UN report: Pro-govt forces committed mass killings in Syria's coast
The 66-page report, released Thursday by the Independent International Commission of Inquiry on the Syrian Arab Republic, focused on violence against Syria's Alawite communities along the Mediterranean coast in March. The report extensively detailed abuses including murder, torture and abductions amid clashes that erupted between gunmen loyal to the deposed Assad regime and state security forces and militias allied with the government.
Hundreds of Alawites were killed as the violence swiftly descended into sectarian revenge attacks that forced tens of thousands to flee their homes. It was some of the worst violence since Assad was overthrown by a rebel coalition in December.

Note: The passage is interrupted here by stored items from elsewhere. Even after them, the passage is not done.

ghost use Rattle.std.specs.Prelude.{◌≡◌};
ghost use Rattle.serve_line.specs.SessionEnds as spec;

use serve_workers::SessionEnd;

/// The end of a train's connection.
#[derive(Clone, Copy)]
pub(crate) enum End {
    Session(SessionEnd),
    /// Its train was too slow to read its answers.
    Cut,
    /// It had to leave its slot.
    Left,
    /// A message of this engine came over it, and it does not serve that train.
    Foreign(u32),
}

/// The end of a connection with this end of its session. `is_kept`: it was not cut before. `is_leaving`: it has to
/// leave its slot. `refused`: the engine of the message that it refused, if it refused one.
pub(crate) fn end_after(
    session: SessionEnd,
    is_kept: bool,
    is_leaving: bool,
    refused: Option<u32>,
) -> End
    ensures { result ≡ spec.end_after session is_kept is_leaving refused }
{
    match refused {
        Some(nid_engine) => End::Foreign(nid_engine),
        None if is_kept => kept_end(session, is_leaving),
        None => End::Cut,
    }
}

// The end of a connection that was not cut. One that has to leave its slot gives no further message to its session.
fn kept_end(session: SessionEnd, is_leaving: bool) -> End
    ensures { result ≡ spec.kept_end session is_leaving }
{
    match session {
        SessionEnd::Device if is_leaving => End::Left,
        _ => End::Session(session),
    }
}

impl End {
    /// The engine of the message at which the connection ended, if it refused that message.
    pub fn foreign(self) -> Option<u32>
        ensures { result ≡ spec.foreign_at self }
    {
        match self {
            End::Foreign(nid_engine) => Some(nid_engine),
            End::Session(_) | End::Cut | End::Left => None,
        }
    }

    /// The text of the note of the end, with the number of its fault or of the engine.
    pub fn words(self) -> (&'static str, Option<u32>)
        ensures words { result.0.now ≡ spec.words_of self }
        ensures number { result.1 ≡ spec.number_at self }
    {
        match self {
            End::Session(SessionEnd::EndOfStream) => ("ends", None),
            End::Session(SessionEnd::Fault(fault)) => (
                "is ended, stream fault",
                Some(u32::from(fault.number())),
            ),
            End::Session(SessionEnd::Device) => ("is lost", None),
            End::Session(SessionEnd::Refused(fault)) => (
                "is ended, refused",
                Some(u32::from(fault.number())),
            ),
            End::Cut => ("is cut, its train is too slow", None),
            End::Left => ("is ended, it had to leave its slot", None),
            End::Foreign(nid_engine) => (
                "is ended, a message came over it of a train that it does not serve:",
                Some(nid_engine),
            ),
        }
    }
}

The U.N. report documented how armed groups went door to door in a number of locations to identify Alawite men. The men were separated from their families and then taken outside to be shot. Alawite women and children were also killed, the report found. Bodies were left in the streets for days, it said.
The commission identified several armed groups aligned with Syria's government whose fighters allegedly perpetrated many atrocities. It also found that atrocities were committed by pro-Assad forces and said more needed to be done to bring those responsible to justice.
'The scale and brutality of the violence documented in our report is deeply disturbing,' said Paulo Sérgio Pinheiro, who chaired the commission. 'While dozens of alleged perpetrators of violations have reportedly since been arrested, the scale of the violence documented in our report warrants expanding such efforts.' Syrian Foreign Minister Asaad Hasan Al-Shaibani welcomed the report and said, 'We take serious note of the alleged violations committed during that period.' The United Nations-backed commission said it continued to receive reports of ongoing killings, abductions and arbitrary arrests of members of the Alawite community.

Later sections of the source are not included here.